▶ _Problem statement_:
Note how many lines of the material that follows include the string "Rattle", and state only that number.

----

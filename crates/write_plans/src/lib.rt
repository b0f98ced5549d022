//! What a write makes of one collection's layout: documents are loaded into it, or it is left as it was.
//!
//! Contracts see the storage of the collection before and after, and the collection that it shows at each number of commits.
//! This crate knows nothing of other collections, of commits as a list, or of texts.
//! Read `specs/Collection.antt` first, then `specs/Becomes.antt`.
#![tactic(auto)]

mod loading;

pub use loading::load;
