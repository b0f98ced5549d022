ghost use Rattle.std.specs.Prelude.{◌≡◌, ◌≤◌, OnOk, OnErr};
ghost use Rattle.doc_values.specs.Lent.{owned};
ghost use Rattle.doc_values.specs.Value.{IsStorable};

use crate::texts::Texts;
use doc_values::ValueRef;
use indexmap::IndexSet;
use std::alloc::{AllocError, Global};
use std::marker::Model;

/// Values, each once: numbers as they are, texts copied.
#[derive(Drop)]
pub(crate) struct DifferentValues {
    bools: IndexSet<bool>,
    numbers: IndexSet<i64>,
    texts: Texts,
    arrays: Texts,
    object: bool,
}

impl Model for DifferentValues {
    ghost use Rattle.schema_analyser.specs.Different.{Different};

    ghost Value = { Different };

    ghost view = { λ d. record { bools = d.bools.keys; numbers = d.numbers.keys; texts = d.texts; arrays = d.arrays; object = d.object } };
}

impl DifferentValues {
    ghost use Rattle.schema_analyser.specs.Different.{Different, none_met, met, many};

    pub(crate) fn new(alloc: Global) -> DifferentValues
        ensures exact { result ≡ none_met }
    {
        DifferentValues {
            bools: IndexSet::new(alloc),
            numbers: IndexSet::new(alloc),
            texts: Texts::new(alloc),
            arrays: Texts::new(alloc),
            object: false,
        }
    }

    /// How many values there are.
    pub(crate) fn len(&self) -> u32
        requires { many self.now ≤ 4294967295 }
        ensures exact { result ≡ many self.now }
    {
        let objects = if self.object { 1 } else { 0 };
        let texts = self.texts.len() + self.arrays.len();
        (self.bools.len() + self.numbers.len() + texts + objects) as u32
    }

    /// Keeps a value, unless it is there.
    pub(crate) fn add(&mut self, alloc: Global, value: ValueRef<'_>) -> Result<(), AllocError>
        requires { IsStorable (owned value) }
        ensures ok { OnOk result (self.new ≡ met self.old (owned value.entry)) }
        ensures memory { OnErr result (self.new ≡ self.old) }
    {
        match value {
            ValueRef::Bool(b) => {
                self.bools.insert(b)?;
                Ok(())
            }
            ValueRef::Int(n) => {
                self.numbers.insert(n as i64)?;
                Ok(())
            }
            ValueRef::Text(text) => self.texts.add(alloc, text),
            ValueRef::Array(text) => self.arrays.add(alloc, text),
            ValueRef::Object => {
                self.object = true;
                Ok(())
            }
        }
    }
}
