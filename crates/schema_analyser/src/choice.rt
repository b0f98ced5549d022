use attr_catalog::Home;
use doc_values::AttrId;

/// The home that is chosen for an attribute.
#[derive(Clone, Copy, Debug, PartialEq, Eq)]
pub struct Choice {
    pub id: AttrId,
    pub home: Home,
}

----

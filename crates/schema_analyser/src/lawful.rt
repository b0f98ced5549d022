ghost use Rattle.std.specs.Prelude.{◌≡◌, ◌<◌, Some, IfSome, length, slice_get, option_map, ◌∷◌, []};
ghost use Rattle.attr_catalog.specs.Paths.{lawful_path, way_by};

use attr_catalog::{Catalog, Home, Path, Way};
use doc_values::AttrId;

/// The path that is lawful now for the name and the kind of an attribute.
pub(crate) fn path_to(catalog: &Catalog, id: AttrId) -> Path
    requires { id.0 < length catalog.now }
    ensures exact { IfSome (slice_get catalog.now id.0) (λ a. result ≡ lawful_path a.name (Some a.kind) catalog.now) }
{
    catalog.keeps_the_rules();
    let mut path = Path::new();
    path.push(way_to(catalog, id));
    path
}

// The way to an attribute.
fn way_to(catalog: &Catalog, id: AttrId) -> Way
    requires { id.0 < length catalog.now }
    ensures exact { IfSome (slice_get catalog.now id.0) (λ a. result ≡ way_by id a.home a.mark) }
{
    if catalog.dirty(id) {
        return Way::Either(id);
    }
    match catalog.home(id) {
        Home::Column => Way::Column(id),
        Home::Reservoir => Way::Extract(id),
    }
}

----

▶ _Response_:
7